The sounds within TJR Elementary La Jardin de los Ninos, help provide the English translation - the garden of the children.
The garden is prolific.
"That's lettuce," a volunteer said.
"Kale," the students said.
"Yeah, that's right. Curly Kale," the volunteer replied.
Why does it flourish? Resilient Nacogdoches leader Jim Lemon has his own theory.
"I think it's because of the kids, "Lemon said. "A lot of the people say it's the sun, the water and the soil. I think it's the kids."
Last year, every child at TJR got about one day in the garden. Too many kids. Not enough time.
This year, the garden club is one of many electives second and fourth graders can select.
"We're going to have to cook these up pretty fast here," the volunteer said.
One on one instruction is provided for a manageable group that is genuinely interested in gardening and new ideas, like a chicken tractor.
"Which is a portable chicken coop," Lemon said. "So the chickens are actually preparing the soil for growing food."
"Scoot up underneath them.," said Anne Tindell, a volunteer. "Give them a lift."
"Okay, I got this," a student said.
This year, the Texas A&M Agriculture Extension Agency shared its Learn, Grow, Eat, and Go curriculum.

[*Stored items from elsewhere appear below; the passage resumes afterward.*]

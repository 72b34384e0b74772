//! The laws, each a public function that does nothing when it is called.
ghost use Rattle.std.specs.Prelude.{◌≡◌, ◌↔◌, ℕ, ◌++◌, IsTrue, true, false, Bool, List, [], ◌∷◌, length, map, set, replicate, Some};
ghost use Rattle.order_model.specs.declared.command.Command.{Command};
ghost use Rattle.order_model.specs.declared.request.Request.{Request};
ghost use Rattle.order_model.specs.Carrying.{SchedSeen};
ghost use Rattle.order_model.specs.Device.{Seen, IsReceivable, NoneTwice};
ghost use Rattle.order_model.specs.Received.{all_ids, ids_of};
ghost use Rattle.schedulers.specs.reassign.Scheduler.{IsAcceptable};
ghost use Rattle.thread_sides.specs.Admitted.{may_accept, AreFlagged, AreCounted, may_take, flags_behind};

use schedulers::reassign::Scheduler;

/// A law, which does nothing when it is called: a request that passes the test may be given to a scheduler whose ids are
/// flagged, and its flag goes up then.
pub fn requests_that_pass_are_acceptable()
    ensures none { (limit : ℕ) → AreFlagged (replicate limit false) [] }
    ensures may { (p : SchedSeen) (flags : List Bool) (r : Request) → AreFlagged flags (map (λ (q : Request). q.id) p.accepted) → length flags ≡ p.limit →
        may_accept flags (length p.accepted) r ≡ true → IsAcceptable p r }
    ensures more { (ids : List ℕ) (flags : List Bool) (id : ℕ) → AreFlagged flags ids → AreFlagged (set flags id true) (ids ++ id ∷ []) }
{}

/// A law, which does nothing when it is called: a command that passes the test may be given to a device whose ids are
/// flagged, and its flags go up then.
pub fn commands_that_pass_are_receivable()
    ensures none { (limit : ℕ) → AreCounted (replicate limit false) [] }
    ensures may { (d : Seen) (flags : List Bool) (c : Command) → AreCounted flags (all_ids d.took) → length flags ≡ d.limit →
        may_take flags (length d.surface) c ≡ true → IsReceivable d c }
    ensures flags { (d : Seen) (flags : List Bool) (c : Command) → AreCounted flags (all_ids d.took) →
        may_take flags (length d.surface) c ≡ true → AreCounted (flags_behind flags c) (all_ids (d.took ++ c ∷ [])) }
    ensures length { (blocks : ℕ) (flags : List Bool) (c : Command) → may_take flags blocks c ≡ true → length (flags_behind flags c) ≡ length flags }
{}

/// A law, which does nothing when it is called: the list of a scheduler is empty exactly where nothing waits in it.
pub fn lists_have_what_waits<S: Scheduler>()
    ensures { (s : S.State) → S.valid s → (S.steps.eligible s ≡ 0) ↔ ((S.steps.seen s).waiting ≡ []) }
{}

/// Whether every request that the scheduler accepted was sent out.
pub fn has_sent_all<S: Scheduler>(sched: &S) -> bool
    ensures { IsTrue result ↔ ((S.steps.seen (S.state sched.now)).waiting ≡ []) }
{
    // These calls tell what is known of its state.
    lists_have_what_waits::<S>();
    let _ = sched.can_accept();
    sched.eligible() == 0
}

It tracks the program's success.
"Do you like to eat tomatoes?" a volunteer asked.
"Yes," a student replied.
"So what we're trying to do is to prove to the world that needs numbers that what we're doing is a really good thing," Lemon said.
On the high school level, the Organic Living Club is helping Somalis and people of other ethnic backgrounds grow up in a field of tolerance.
"We're doing a lot of things on this campus to heal hurts and I'm really proud to be a part of that," said Cathy Pruett, a teacher at NHS.
It's a lot more than just growing something good to eat.
Keep Nacogdoches Beautiful recently awarded seven NISD campuses funds to create gardens and implement recycling programs.